In the entries below, find the line with "it asks for." and the line with "pub fn answer(alloc: Global, row: &str)". Return those two lines and all lines between them, exactly.

######

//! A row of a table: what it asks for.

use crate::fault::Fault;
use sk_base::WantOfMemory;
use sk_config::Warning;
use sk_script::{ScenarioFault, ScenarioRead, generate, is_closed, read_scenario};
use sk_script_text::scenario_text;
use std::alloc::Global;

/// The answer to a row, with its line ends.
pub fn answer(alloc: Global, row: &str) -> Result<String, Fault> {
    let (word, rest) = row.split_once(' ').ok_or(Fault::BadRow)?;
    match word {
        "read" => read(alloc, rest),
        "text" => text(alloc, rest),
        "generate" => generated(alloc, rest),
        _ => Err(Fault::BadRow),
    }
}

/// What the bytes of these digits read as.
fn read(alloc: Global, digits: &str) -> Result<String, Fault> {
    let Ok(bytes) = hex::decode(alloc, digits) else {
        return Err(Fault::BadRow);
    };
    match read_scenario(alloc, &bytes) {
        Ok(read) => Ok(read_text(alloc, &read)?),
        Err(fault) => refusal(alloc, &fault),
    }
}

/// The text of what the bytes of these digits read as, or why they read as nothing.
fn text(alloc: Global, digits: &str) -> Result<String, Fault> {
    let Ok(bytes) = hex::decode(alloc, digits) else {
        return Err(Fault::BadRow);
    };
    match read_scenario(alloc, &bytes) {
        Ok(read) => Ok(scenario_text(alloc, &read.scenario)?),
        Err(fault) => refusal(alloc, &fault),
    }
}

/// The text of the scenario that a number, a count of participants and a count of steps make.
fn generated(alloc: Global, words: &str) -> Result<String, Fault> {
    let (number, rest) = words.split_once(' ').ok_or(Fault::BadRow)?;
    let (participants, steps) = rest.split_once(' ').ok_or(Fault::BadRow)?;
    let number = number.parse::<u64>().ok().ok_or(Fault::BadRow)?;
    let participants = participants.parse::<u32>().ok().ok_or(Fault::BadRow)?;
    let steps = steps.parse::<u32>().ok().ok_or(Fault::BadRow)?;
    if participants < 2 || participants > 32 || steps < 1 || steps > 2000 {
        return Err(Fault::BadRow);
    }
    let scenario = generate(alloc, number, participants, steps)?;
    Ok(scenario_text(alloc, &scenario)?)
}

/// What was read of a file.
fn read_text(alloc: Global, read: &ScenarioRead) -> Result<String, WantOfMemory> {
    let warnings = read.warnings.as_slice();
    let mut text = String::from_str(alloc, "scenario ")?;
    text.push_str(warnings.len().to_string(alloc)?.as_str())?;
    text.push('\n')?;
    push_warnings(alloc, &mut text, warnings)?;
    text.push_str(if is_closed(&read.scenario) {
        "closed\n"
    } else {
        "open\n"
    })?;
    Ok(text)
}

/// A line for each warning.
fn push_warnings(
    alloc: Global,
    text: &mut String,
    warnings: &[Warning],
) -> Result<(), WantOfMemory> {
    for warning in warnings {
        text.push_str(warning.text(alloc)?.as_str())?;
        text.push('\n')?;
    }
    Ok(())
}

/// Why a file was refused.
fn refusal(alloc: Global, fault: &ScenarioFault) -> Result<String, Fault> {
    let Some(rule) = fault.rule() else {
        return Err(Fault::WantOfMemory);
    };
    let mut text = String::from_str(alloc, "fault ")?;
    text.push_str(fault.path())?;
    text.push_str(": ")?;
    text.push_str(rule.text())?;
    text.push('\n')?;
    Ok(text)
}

######

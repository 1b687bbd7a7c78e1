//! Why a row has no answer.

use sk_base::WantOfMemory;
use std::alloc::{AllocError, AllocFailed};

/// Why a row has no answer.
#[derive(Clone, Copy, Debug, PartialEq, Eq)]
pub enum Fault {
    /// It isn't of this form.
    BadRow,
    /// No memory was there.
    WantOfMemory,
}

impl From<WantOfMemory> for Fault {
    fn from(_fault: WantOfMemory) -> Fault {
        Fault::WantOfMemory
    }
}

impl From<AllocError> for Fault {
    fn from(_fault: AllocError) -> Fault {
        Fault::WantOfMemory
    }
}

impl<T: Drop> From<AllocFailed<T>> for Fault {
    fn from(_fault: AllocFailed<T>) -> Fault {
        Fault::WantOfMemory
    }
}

######

EXPECTED ANSWER ▸
//! A row of a table: what it asks for.

use crate::fault::Fault;
use sk_base::WantOfMemory;
use sk_config::Warning;
use sk_script::{ScenarioFault, ScenarioRead, generate, is_closed, read_scenario};
use sk_script_text::scenario_text;
use std::alloc::Global;

/// The answer to a row, with its line ends.
pub fn answer(alloc: Global, row: &str) -> Result<String, Fault> {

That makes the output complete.